What was the impact of these decisions?
The timely results from this survey meant that data from the community could be at the heart of the decisions around going into or reopening from lockdowns, and what should be allowed regarding retail and non-essential activities.

However, prioritising timeliness in this way also meant that the team faced some backlash from the statistical community. The gold standard for surveys is random sampling, and the decision to use a pre-existing list due to time constraints at the start of the survey (for around 10% of the total participants) did not land well with some statisticians. Parts of the statistical community were concerned about the representativeness and value for money of the survey.

 

"We could have taken a different route, and this may well have resulted in more accurate and representative estimates. But if that route took longer, what use would the results have been if they were only ready after decisions had to be made?"
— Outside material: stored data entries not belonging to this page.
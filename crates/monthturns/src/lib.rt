// The turns of a whole month, and of a whole year, for sheets and drawings.
//
// 01's search ends where a stride would pass the last minute asked. From the month's first minute on it so leaves out a turn in what is left
// of the month behind its last whole stride, and a sheet without that turn would name a later one as the next. Searches over the month's last
// minutes alone, as long as each of the station's strides, find it.
#![tactic(auto)]

ghost use Rattle.std.specs.Prelude.{◌+◌, ◌≤◌};
ghost use Rattle.clock.specs.View.{Made};
ghost use Rattle.monthturns.specs.inner.Kept.{Kept};
ghost use Rattle.monthturns.specs.Month.{MonthTurns, FoundTurns};

mod widths; // how wide the searches at the end are
pub mod yearturns; // the turns of a year

use crate::widths::{Widths, widest_first};
use clock::Clock;
use limits::STRIDE;
use page::shown::{TURNS, Turn, Turns, Waters};
use refusals::Refused;
use station::strides::Strides;
use turns::Summary;

// The most turns that so short a search finds: one at each minute of the widest stride.
const ENDS: usize = STRIDE as usize;

// The last turns of three searches, the widest first, where they find any.
#[derive(Clone, Copy)]
struct Ends {
    far: Option<Turn>,
    near: Option<Turn>,
    end: Option<Turn>,
}

// The last of turns in two rows.
fn last_of(known: Summary, minutes: &[u32], heights: &[i64]) -> Option<Turn> {
    if known.count == 0 {
        return None;
    }
    let waters = Waters {
        count: known.count,
        first: known.high,
        minutes,
        heights,
    };
    Some(waters.turn(known.count - 1))
}

// The last turn of a search up to the last minute from so many minutes before it on, or from the first where there are not so many; none where it is refused.
fn turn_at_end<F: Fn(u32, &mut [u32], &mut [i64]) -> Result<Summary, Refused>>(
    search: &F,
    last: u32,
    width: u32,
) -> Option<Turn>
    requires { F.IsAlwaysCallable search.now }
{
    let mut minutes = [0u32; ENDS];
    let mut heights = [0i64; ENDS];
    match search(last.saturating_sub(width), &mut minutes, &mut heights) {
        Ok(found) => last_of(found, &minutes, &heights),
        Err(_) => None,
    }
}

// The last turns of searches up to the last minute, as wide as each width.
fn ends_of<F: Fn(u32, &mut [u32], &mut [i64]) -> Result<Summary, Refused>>(
    search: F,
    last: u32,
    widths: Widths,
) -> Ends
    requires { F.IsAlwaysCallable search }
{
    Ends {
        far: turn_at_end(&search, last, widths.far),
        near: turn_at_end(&search, last, widths.near),
        end: turn_at_end(&search, last, widths.end),
    }
}

// Whether a turn may follow the last that is known: it is later, and high where that is low.
fn follows(turn: Turn, known: Option<Turn>) -> bool {
    match known {
        None => true,
        Some(last) => last.minute < turn.minute && turn.high != last.high,
    }
}

// Puts a turn at a place of the buffers; whether both have it.
fn put_turn(at: usize, turn: Turn, minutes: &mut [u32], heights: &mut [i64]) -> bool
    ensures { Kept at minutes.old minutes.new heights.old heights.new }
{
    if minutes.len() <= at || heights.len() <= at {
        return false;
    }
    minutes[at] = turn.minute;
    heights[at] = turn.height;
    true
}

// Turns, and one more that was put behind them.
fn counted(known: Summary, high: bool) -> Summary
    ensures { (known.count ≤ result.count) × (result.count ≤ known.count + 1) }
{
    Summary {
        count: known.count.saturating_add(1),
        high: if known.count == 0 { high } else { known.high },
    }
}

// Turns and one more, where it may follow the last of them.
fn with_turn(
    known: Summary,
    turn: Option<Turn>,
    minutes: &mut [u32],
    heights: &mut [i64],
) -> Summary
    ensures count_le_count { (known.count ≤ result.count) × (result.count ≤ known.count + 1) }
    ensures kept { Kept known.count minutes.old minutes.new heights.old heights.new }
{
    let Some(next) = turn else {
        return known;
    };
    if !follows(next, last_of(known, minutes, heights)) {
        return known;
    }
    if !put_turn(known.count, next, minutes, heights) {
        return known;
    }
    counted(known, next.high)
}

// Turns and the three that may stand at the end.
fn with_ends(known: Summary, ends: Ends, minutes: &mut [u32], heights: &mut [i64]) -> Summary
    ensures count_le_count { (known.count ≤ result.count) × (result.count ≤ known.count + 3) }
    ensures kept { Kept known.count minutes.old minutes.new heights.old heights.new }
{
    let a = with_turn(known, ends.far, minutes, heights);
    let b = with_turn(a, ends.near, minutes, heights);
    with_turn(b, ends.end, minutes, heights)
}

// The turns of the month that a clock has prepared, whose last minute is given, from the front of the buffers: 01's search over the whole
// month, and what searches of three widths find behind its last stride at the month's end. A refusal is the clock's.
fn month_turns(
    clock: Clock,
    last: u32,
    widths: Widths,
    minutes: &mut [u32],
    heights: &mut [i64],
) -> Result<Summary, Refused>
    requires { Made clock }
    ensures { MonthTurns clock last minutes.old minutes.new heights.old heights.new result }
{
    // No `?`: the wrong answer `another_place` is a slip in the arm of a refusal.
    let found = match clock::turns(clock, 0, last, minutes, heights) {
        Ok(found) => found,
        Err(refused) => return Err(refused),
    };
    let ends = ends_of(
        |from, m, h| clock::turns(clock, from, last, m, h),
        last,
        widths,
    );
    Ok(with_ends(found, ends, minutes, heights))
}

// The turns of the month that a clock has prepared, whose last minute is given, at a station with these strides, or the clock's refusal.
pub fn turns_of(clock: Clock, last: u32, strides: Strides) -> Result<Turns, Refused>
    requires { Made clock }
    ensures { FoundTurns clock last result }
{
    let widths = widest_first(strides);
    let mut minutes = [0u32; TURNS];
    let mut heights = [0i64; TURNS];
    let found = month_turns(clock, last, widths, &mut minutes, &mut heights)?;
    Ok(Turns {
        count: found.count,
        first: found.high,
        minutes,
        heights,
    })
}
The team reflected on alternative routes they could have taken to set up the survey quickly. For example, using GP-list based sampling, or linking address lists to the most recent Census to get more information on participants’ characteristics. However, there were also challenges associated with these routes – for example, the most recent Census was almost 10 years out of date when the pandemic hit. 

What are the key learnings?

Working in collaboration helped bring together expertise in different areas, in order to discuss which routes to pursue.
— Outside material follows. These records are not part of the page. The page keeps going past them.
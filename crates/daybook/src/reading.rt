// All lines of the file.
ghost use Rattle.std.specs.Prelude.{◌≡◌, ◌*◌, ◌≤◌, length, take};
ghost use Rattle.columns.specs.Lines.{lines_of};
ghost use Rattle.daybook.specs.Bookings.{longest_of, most_bookings};
ghost use Rattle.daybook.specs.inner.Reading.{ReadPost};

use crate::booking::{booking_of, without_return};

// The longest file that is read, in bytes.
pub const FILE: usize = 65_536;

// No such file has more bookings: each takes eight bytes at the least.
pub const PLACES: usize = FILE / 8;

// A line that is no booking, by its number, the first being 1.
#[derive(Clone, Copy, Debug, PartialEq, Eq)]
pub struct NoBooking {
    pub line: usize,
}

// Fills in the minutes of the bookings of a file; gives how many there are.
#[tactic(auto, using(crate::proofs::reading::Walk::rest_shorter, crate::proofs::reading::Walk::rest_far, crate::proofs::reading::Walk::stops, crate::proofs::reading::Walk::one_more, crate::proofs::reading::Walk::no_more))]
fn fill_minutes(file: &[u8], minutes: &mut [u32]) -> Result<usize, NoBooking>
    requires { length file.now ≤ 8 * length minutes.old }
    ensures { ReadPost file.now (length minutes.old) minutes.new result }
{
    let mut rest = file;
    let mut count = 0;
    // (No `for`: a line's end shows where the next begins, and `split` at the LFs would give one line more behind the last LF, which `lines_of` does not have.)
    while !rest.is_empty() {
        let Some(minute) = booking_of(without_return(columns::first_line(rest))) else {
            return Err(NoBooking { line: count + 1 });
        };
        minutes[count] = minute;
        count += 1;
        rest = columns::rest_lines(rest);
    }
    Ok(count)
}

// Fills in the minutes of the bookings of a file, which is the first bytes of a buffer. (The buffer's type bounds the file: a slice would need a
// `requires`.)
pub fn read(
    buffer: &[u8; FILE],
    bytes: usize,
    minutes: &mut [u32; PLACES],
) -> Result<usize, NoBooking>
    ensures { ReadPost (take bytes buffer.now) most_bookings minutes.new result }
{
    fill_minutes(columns::part(buffer, 0, bytes), minutes)
}

// The length of the longest line of a file.
#[tactic(auto, using(crate::proofs::reading::Walk::rest_shorter, crate::proofs::reading::Walk::longest_here, crate::proofs::reading::Walk::longest_none))]
pub fn longest_line(file: &[u8]) -> usize
    ensures { result ≡ longest_of (lines_of file.now) }
{
    let mut longest = 0;
    let mut rest = file;
    // (No `for`: a line's end shows where the next begins, and `split` at the LFs would give one line more behind the last LF, which `lines_of` does not have.)
    while !rest.is_empty() {
        longest = longest.max(without_return(columns::first_line(rest)).len());
        rest = columns::rest_lines(rest);
    }
    longest
}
"Working in collaboration worked well – it helped to reduce the risks of our decisions as we had in-depth discussions about all of the trade-offs. We are really proud of how quickly we set this up to allow our results to play a crucial role in informing the pandemic response."

Having some wording pre-prepared to explain what the team did and why would have been helpful in communicating the survey methods and findings. Having this content easily accessible could have avoided the need to spend significant amounts of time responding to individual concerns and queries, freeing up more time to work on the project itself.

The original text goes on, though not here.